Komentarnya tersebut menuai reaksi keras. "Apa yang diucapkan presiden sama saja dengan pengakuan terjadinya 'pembunuhan massal'," kata Senator Leila De Lima kepada CNN.
"Itu adalah pembunuhan massal," kata perempuan tersebut. "Kejahatan tingkat tinggi itu bisa jadi dasar pemakzulan berdasarkan konstitusi."
Di antara mereka yang tewas sejauh ini, hampir dua pertiganya jadi korban jiwa dalam aksi pembunuhan ekstrayudisial atau main hakim sendiri. Sementara, lebih dari 40 ribu tersangka kini ditahan.
Beredar dugaan sejumlah pembunuhan dilakukan dengan sengaja oleh polisi, untuk menghindari rumitnya proses penyelidikan.
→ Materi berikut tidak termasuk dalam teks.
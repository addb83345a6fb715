//! The opening handshake of a wire.
ghost use Rattle.std.specs.Prelude.{◌≡◌, [], Some, false, IfOk, IfErr, OnOk};
ghost use Rattle.std.specs.Io.KnownBytes.{Appends};
ghost use Rattle.tungstenite.specs.Socket.{IsFresh};
ghost use Rattle.cf_handshake.specs.Answers.{opening_text};
ghost use Rattle.cf_wire.specs.Answered.{AppendsSome, Opens, OpensBy, Refuses, RefusesBy, Tells};
ghost use Rattle.cf_wire.specs.Refused.{IsOutside, fault_by_kind};
ghost use Rattle.cf_wire.specs.declared.end.Stage.TheVariants as stage;

use crate::end::Stage;
use crate::gather::write_all_of;
use crate::head::read_head;
use crate::wire::Wire;
use cf_handshake::{HandshakeError, HeadAsk, Opening, asked_of};
use std::alloc::{AllocError, Global};
use std::io;
use std::io::{ErrorKind, Read, Write};
use thiserror::Error as ErrorType;
use tungstenite::{NoMask, Role, WebSocket, WebSocketConfig};

/// How many bytes one read of the stream asks for: more than a client mostly says at once. The socket keeps at most two such
/// buffers, also while its client says nothing.
const READ_BYTES: usize = 256;
/// The longest message that is read, in bytes: above the longest text of a session, which closes for it by itself.
const LONGEST_MESSAGE: usize = 131_072;
/// How many bytes of output wait at most: one text of a session's queue, and what is owed to pings.
const LONGEST_OUTPUT: usize = 2_097_152;

/// Why there is no wire.
#[derive(Clone, Copy, Debug, PartialEq, Eq, Drop, ErrorType)]
pub enum WireFault {
    /// What came is no request for a WebSocket, or its head is longer than 16,384 bytes.
    #[error("no WebSocket handshake")]
    Handshake,
    /// It is asked whether the node lives.
    #[error("no WebSocket, but the node's health is asked for")]
    Health,
    /// The stream failed, ended or would block before the handshake was done.
    #[error("the stream failed")]
    StreamFault,
    /// Memory was refused.
    #[error("out of memory")]
    Memory,
}

impl From<AllocError> for WireFault {
    ghost use Rattle.cf_wire.specs.declared.accept.WireFault.TheVariants.{Memory};

    ghost from_gives = { λ _ fault. fault ≡ Memory };

    fn from(_error: AllocError) -> WireFault {
        WireFault::Memory
    }
}

impl From<io::Error> for WireFault {
    ghost use Rattle.cf_wire.specs.Refused.{IsOutside, fault_by};

    ghost from_gives = { λ error fault. (fault ≡ fault_by error) × IsOutside fault };

    fn from(error: io::Error) -> WireFault {
        fault_of_kind(error.kind())
    }
}

/// Why there is no wire over a stream that failed so.
fn fault_of_kind(kind: ErrorKind) -> WireFault
    ensures kind { result ≡ fault_by_kind kind }
    ensures outside { IsOutside result }
{
    match kind {
        ErrorKind::OutOfMemory => WireFault::Memory,
        _ => WireFault::StreamFault,
    }
}

/// A stream over which there is no wire.
#[derive(Drop)]
pub struct RefusedStream<S> {
    /// Why there is none.
    pub fault: WireFault,
    /// The stream. Of what was sent on it, nothing behind the head is lost but what had been read with it.
    pub stream: S,
    /// Whether an answer that refuses the handshake stands on the stream, whole.
    pub answered: bool,
}

impl<S> RefusedStream<S> {
    // Nothing was answered.
    fn silently(fault: WireFault, stream: S) -> RefusedStream<S>
        ensures { result ≡ record { fault = fault; stream = stream; answered = false } }
    {
        RefusedStream {
            fault,
            stream,
            answered: false,
        }
    }
}

fn config() -> WebSocketConfig
    ensures { result.max_message_size ≡ Some LONGEST_MESSAGE }
{
    WebSocketConfig::default()
        .read_buffer_size(READ_BYTES)
        .max_write_buffer_size(LONGEST_OUTPUT)
        .max_message_size(Some(LONGEST_MESSAGE))
        .max_frame_size(Some(LONGEST_MESSAGE))
}

/// Writes an answer, and lets go of it.
fn tell<S: Write>(stream: &mut S, text: &[u8]) -> io::Result<()>
    ensures told { OnOk result (Appends (S.contents stream.old) (S.contents stream.new) text.now) }
    ensures begun { AppendsSome (S.contents stream.old) (S.contents stream.new) text.now }
{
    let (_, written) = write_all_of(stream, text);
    written?;
    stream.flush()
}

/// Answers that a WebSocket is opened, and gives what was read behind the head.
fn tell_opening<S: Write>(
    alloc: Global,
    stream: &mut S,
    opening: &Opening,
    rest: &[u8],
) -> Result<Vec<u8>, WireFault>
    ensures told { OnOk result (Appends (S.contents stream.old) (S.contents stream.new)
        (opening_text opening.now)) }
    ensures rest { IfOk result (λ input. input.items ≡ rest.now) }
    ensures outside { IfErr result IsOutside }
{
    let text = opening.answer(alloc)?;
    let input = rest.to_vec(alloc)?;
    tell(stream, text.as_slice())?;
    Ok(input)
}

/// Answers that a handshake is refused, and says so.
fn refuse<S: Write>(mut stream: S, refusal: HandshakeError) -> RefusedStream<S>
    ensures fault { result.fault ≡ WireFault.Handshake }
    ensures tells { Tells S.contents stream refusal result }
{
    let answered = tell(&mut stream, refusal.answer()).is_ok();
    RefusedStream {
        fault: WireFault::Handshake,
        stream,
        answered,
    }
}

impl<S: Read + Write + Drop> Wire<S> {
    /// Reads the head of a request, and answers it: a WebSocket is opened by 101, and what came behind the head is the wire's
    /// first input; what is no opening handshake is refused by 400 or 426. A head of more than 16,384 bytes, and who asks whether
    /// the node lives, is not answered here. The stream is given back if there is no wire.
    pub fn accept(alloc: Global, mut stream: S) -> Result<Wire<S>, RefusedStream<S>>
        ensures open { IfOk result (λ wire. wire.stage ≡ stage.Open) }
        ensures fresh { IfOk result (λ wire.
            IsFresh (record wire.socket { input = [] }) wire.socket.stream Role.Server) }
        ensures limit { IfOk result (λ wire.
            wire.socket.conn.config.max_message_size ≡ Some LONGEST_MESSAGE) }
        ensures opens { IfOk result (Opens S.contents S.remaining stream) }
        ensures refuses { IfErr result (Refuses S.contents S.remaining stream) }
    {
        let (bytes, end) = match read_head(alloc, &mut stream) {
            Ok(read) => read,
            Err(fault) => return Err(RefusedStream::silently(fault, stream)),
        };
        match end {
            Some(end) => Wire::answer(alloc, stream, &bytes[..end], &bytes[end..]),
            None => Err(RefusedStream::silently(WireFault::Handshake, stream)),
        }
    }

    /// Answers a head, behind which this was read.
    fn answer(
        alloc: Global,
        mut stream: S,
        head: &[u8],
        rest: &[u8],
    ) -> Result<Wire<S>, RefusedStream<S>>
        ensures open { IfOk result (λ wire. wire.stage ≡ stage.Open) }
        ensures fresh { IfOk result (λ wire.
            IsFresh (record wire.socket { input = [] }) wire.socket.stream Role.Server) }
        ensures limit { IfOk result (λ wire.
            wire.socket.conn.config.max_message_size ≡ Some LONGEST_MESSAGE) }
        ensures opens { IfOk result (OpensBy S.contents stream head.now rest.now) }
        ensures refuses { IfErr result (RefusesBy S.contents stream head.now) }
    {
        match asked_of(head) {
            HeadAsk::Socket(opening) => match tell_opening(alloc, &mut stream, &opening, rest) {
                Ok(input) => Ok(Wire {
                    socket: WebSocket::from_partially_read(
                        alloc,
                        stream,
                        NoMask,
                        input,
                        Role::Server,
                        Some(config()),
                    ),
                    stage: Stage::Open,
                }),
                Err(fault) => Err(RefusedStream::silently(fault, stream)),
            },
            HeadAsk::Health => Err(RefusedStream::silently(WireFault::Health, stream)),
            HeadAsk::Refused(refusal) => Err(refuse(stream, refusal)),
        }
    }
}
Duterte sudah lama dituduh menggunakan perang melawan narkoba sebagai alasannya untuk menghabisi lawan-lawan politiknya.
Sebuah headline koran pada Kamis lalu memuat pernyataan Duterte yang menyerukan agar 'politisi korup' untuk mengundurkan diri atau menghadapi kematian.
Duterte secara terbuka menuduh Senator Leila De Lima mendapatkan manfaat dari jaringan narkoba di dalam penjara Manila.
Duterte juga menyebut, sang senator punya video seks dan memiliki hubungan terlarang dengan sopir atau terduga pelaku kriminal lainnya.
Rakyat 'Terbelah'
Jajak pendapat mengatakan, mayoritas rakyat Filipina mendukung perang narkoba Duterte. Mereka yang setuju mengaku, tindakan itu membuat lingkungannya kian aman.
Namun, warga pemukiman padat lagi kumuh di Manila tak sependapat. Menurut mereka, pembunuhan tersebut tak adil.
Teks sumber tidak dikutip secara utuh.